Siccome lo scenario è un po’ complesso da spiegare in astratto, caliamoci nel contesto di un esempio di codice. Consideriamo la seguente classe astratta Attrezzo:

abstract class Attrezzo {
    public Attrezzo() {
        eseguiLavoro();
    }

    public void eseguiLavoro() {
        System.out.println("In azione...");
    }
}

Questa classe dichiara un costruttore che invoca il metodo eseguiLavoro definito all’interno della stessa classe. Ora consideriamo la seguente classe Martello che estende Attrezzo e che fa override del metodo eseguiLavoro:

class Martello extends Attrezzo {
    String bersaglio ="chiodo";

    public Martello () {
        //chiamata implicita a super();
    }

    @Override
    public void eseguiLavoro() {
        System.out.println("Sto martellando il " + data);
    }
}

Consideriamo infine la seguente classe che istanzia la sottoclasse Martello:

public class TestAttrezzo {
    public static void main(String[] args) {
        Attrezzo attrezzo = new Martello();
    }
}

Queste classi vengono compilate correttamente, ma lanciando la classe TestAttrezzo, al runtime otterremo l’output:

Sto martellando il null

Questo perché, la variabile bersaglio viene utilizzata prima che possa essere inizializzata nella sottoclasse, e quindi ha ancora valore null. In particolare, nel momento in cui abbiamo invocato il costruttore della classe Martello, come prima istruzione (implicita) è stato invocato il costruttore della superclasse Attrezzo, che a sua volta ha invocato direttamente il metodo eseguiLavoro che ha stampato il messaggio quando la variabile bersaglio non era ancora stata inizializzata.

In questo caso, abbiamo ottenuto solo un output errato, ma in realtà l’utilizzo di reference con  valori null, può portare facilmente il runtime ad essere interrotto da eccezioni di tipo NullPointerException.
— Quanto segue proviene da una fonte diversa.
// A buffer that is killed and made again under its name is another buffer in the tables too, and at the next start.
use crate::office::{list_of, press, sit, users};
use mgs_buffers::Buffers;
use mgs_journal::Journal;
use mgs_keeper::start;
use mgs_ledger::{AuditFault, Filter, Ledger, audit};
use mgs_marks::PlainMarked;
use mgs_resume::join;
use mgs_store::RefusingStore;
use mgs_wire::Served;
use sqlite::{Alter, Connection, Error};
use std::alloc::Global;
use std::io::{self, Write};
use std::process::Abort;
use std::test::Fail;
use std::time::{Clock, Duration};

// A clock that stands still.
#[derive(Drop)]
struct Still;

impl Clock for Still {
    fn monotonic(&self) -> io::Result<Duration> {
        Ok(Duration::from_secs(1_795_915_353))
    }

    fn since_1970(&self) -> io::Result<Duration> {
        self.monotonic()
    }
}

// A writer that takes all.
#[derive(Drop)]
struct Sink;

impl Write for Sink {
    fn write(&mut self, buf: &[u8]) -> io::Result<usize> {
        Ok(buf.len())
    }

    fn flush(&mut self) -> io::Result<()> {
        Ok(())
    }
}

// The configuration: `secret` of ann, with a file, which bob may delete and not read.
fn configured(alloc: Global, rt: &impl Abort) -> Buffers<PlainMarked> {
    let mut buffers = Buffers::new(alloc);
    let list = list_of(&["ALLOW ann rwatdcCo", "ALLOW bob td"], rt);
    assert!(rt;
        buffers
            .add("secret", "ann", None, list, &['s', 'x'], true)
            .is_ok()
    );
    buffers
}

// Starts a server with any journal, presses keys as bob, and returns the journal.
fn play<J: Journal + Drop>(
    alloc: Global,
    journal: J,
    keys: &[&[u8]],
    rt: &impl Abort,
) -> Option<J> {
    let config = configured(alloc, rt);
    let users = users(alloc, rt);
    let Ok(mut server) = start(alloc, users, &config, RefusingStore::new(), journal) else {
        return None;
    };
    let bob = sit(&mut server, "bob", rt);
    for part in keys {
        press(&mut server, bob, part);
        server.tell_ended();
    }
    Some(server.into_journal())
}

// Whether the first of these buffers is `secret`, is owned by bob, and is empty and without a file.
fn is_bobs_own(buffers: &Buffers<PlainMarked>) -> bool {
    let Some(rights) = buffers.rights(0) else {
        return false;
    };
    if !buffers.has(rights.name) {
        return false;
    }
    let found = buffers.find(rights.name);
    rights.name.as_bytes() == b"secret".as_slice()
        && rights.owners.owner.as_bytes() == b"bob".as_slice()
        && found.text_len() == 0
        && !found.has_file()
}

// Whether a start with any journal serves `secret` as bob's own buffer.
fn serves_bobs_own<J: Journal>(alloc: Global, journal: &J, rt: &impl Abort) -> bool {
    let config = configured(alloc, rt);
    match join(alloc, &users(alloc, rt), &config, journal) {
        Ok(buffers) => is_bobs_own(&buffers),
        Err(_) => false,
    }
}

// Plays keys with the ledger of any tables, and returns the tables.
fn play_tables<S: Alter + Drop>(
    alloc: Global,
    conn: Connection<S>,
    keys: &[&[u8]],
    rt: &impl Abort,
) -> Option<Connection<S>> {
    let ledger = Ledger::resume(conn, alloc, Still, Sink).ok()?;
    play(alloc, ledger, keys, rt)?.close().ok()
}

// Whether a start with the ledger of any tables serves `secret` as bob's own buffer.
fn next_serves_bobs_own<S: Alter + Drop>(
    alloc: Global,
    conn: Connection<S>,
    rt: &impl Abort,
) -> bool {
    match Ledger::resume(conn, alloc, Still, Sink) {
        Ok(ledger) => serves_bobs_own(alloc, &ledger, rt),
        Err(_) => false,
    }
}

// The lines of all events of any tables.
fn lines<S: Alter>(alloc: Global, conn: &mut Connection<S>) -> Result<Vec<u8>, AuditFault> {
    let mut out = Vec::new(alloc);
    let all = Filter {
        user: None,
        buffer: None,
        since: None,
    };
    audit(conn, alloc, &all, &mut out)?;
    Ok(out)
}

// Whether the events say that bob killed `secret` and made it.
fn is_told<S: Alter>(alloc: Global, conn: &mut Connection<S>) -> Result<bool, Fail> {
    let text = String::from_utf8(lines(alloc, conn)?)?;
    Ok(text.contains("\tbob\tkill\tsecret\t") && text.contains("\tbob\tcreate\tsecret\tbob: "))
}

// The number of texts that are not empty, in any tables.
fn text_count<S: Alter>(conn: &mut Connection<S>) -> Result<i64, Error> {
    conn.query_row("SELECT count(*) FROM text WHERE body <> ''", &[])?
        .get(0)
}

// Whether bob gets a buffer of his own by these keys, in any tables.
fn remakes_in<S: Alter + Drop>(
    alloc: Global,
    conn: Connection<S>,
    keys: &[&[u8]],
    rt: &impl Abort,
) -> Result<bool, Fail> {
    let Some(mut conn) = play_tables(alloc, conn, keys, rt) else {
        return Ok(false);
    };
    let is_told = is_told(alloc, &mut conn)?;
    let count = text_count(&mut conn)?;
    Ok(is_told && count == 0 && next_serves_bobs_own(alloc, conn, rt))
}

// The same in new tables.
fn remakes(alloc: Global, keys: &[&[u8]], rt: &impl Abort) -> Result<bool, Fail> {
    let mut conn = Connection::open_in_memory(alloc)?;
    mgs_tables::make(&mut conn)?;
    remakes_in(alloc, conn, keys, rt)
}

// One key kills it and makes it again.
#[test]
fn one_key_makes_another_buffer(rt: HostRuntime) -> Result<(), Fail> {
    assert!(rt;
        remakes(
            rt.alloc(),
            &[
                b"\x18bsecr\r",
                b"\x18(\x18ksecr\t\r\x18bsecret\r\x18)",
                b"\x18e"
            ],
            &rt
        )?
    );
    Ok(())
}

// So do two keys, each an event.
#[test]
fn two_keys_make_another_buffer(rt: HostRuntime) -> Result<(), Fail> {
    assert!(rt;
        remakes(
            rt.alloc(),
            &[b"".as_slice(), b"\x18ksecret\r", b"\x18bsecret\r"],
            &rt
        )?
    );
    Ok(())
}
Per esempio, se modifichiamo il metodo eseguiLavoro nella sottoclasse nel seguente modo:

public void eseguiLavoro() {
    if (!bersaglio.isEmpty()) {
        System.out.println("Sto martellando il "+ data);
    }
}

allora il programma sarà interrotto e stamperà il seguente output:

Exception in thread "main" java.lang.NullPointerException
    at Martello.eseguiLavoro(TestAttrezzo.java:17)
    at Attrezzo.<init>(TestAttrezzo.java:3)
    at Martello.<init>(TestAttrezzo.java:12)
    at TestAttrezzo.main(TestAttrezzo.java:24)

 

Conclusioni

In questo articolo, abbiamo visto come un argomento base del linguaggio come i costruttori, in realtà nasconda anche scenari complessi. Come al solito, avere una solida base teorica, ci permetterà di gestire tutte le situazioni senza sorprese. Con le parole chiavi this e super, riusciremo a gestire correttamente il riuso e l’astrazione anche con i costruttori, nonostante essi non siano ereditati e di conseguenza non sia possibile riscriverli nelle sottoclassi. Abbiamo anche visto come è importante conoscere il comportamento del compilatore. Infatti, benché gli inserimenti di codice implicito nel bytecode siano stati progettati per facilitare l’apprendimento e ridurre la verbosità del linguaggio, in realtà possono portare anche a malfunzionamenti del codice se non padroneggiati opportunamente.

 

Note dell’autore

Questo articolo è basto su alcuni paragrafi dei capitoli 3, 5 e 7 del libro “Il nuovo Java” e del capitolo 8 del mio libro in inglese “Java for Aliens”.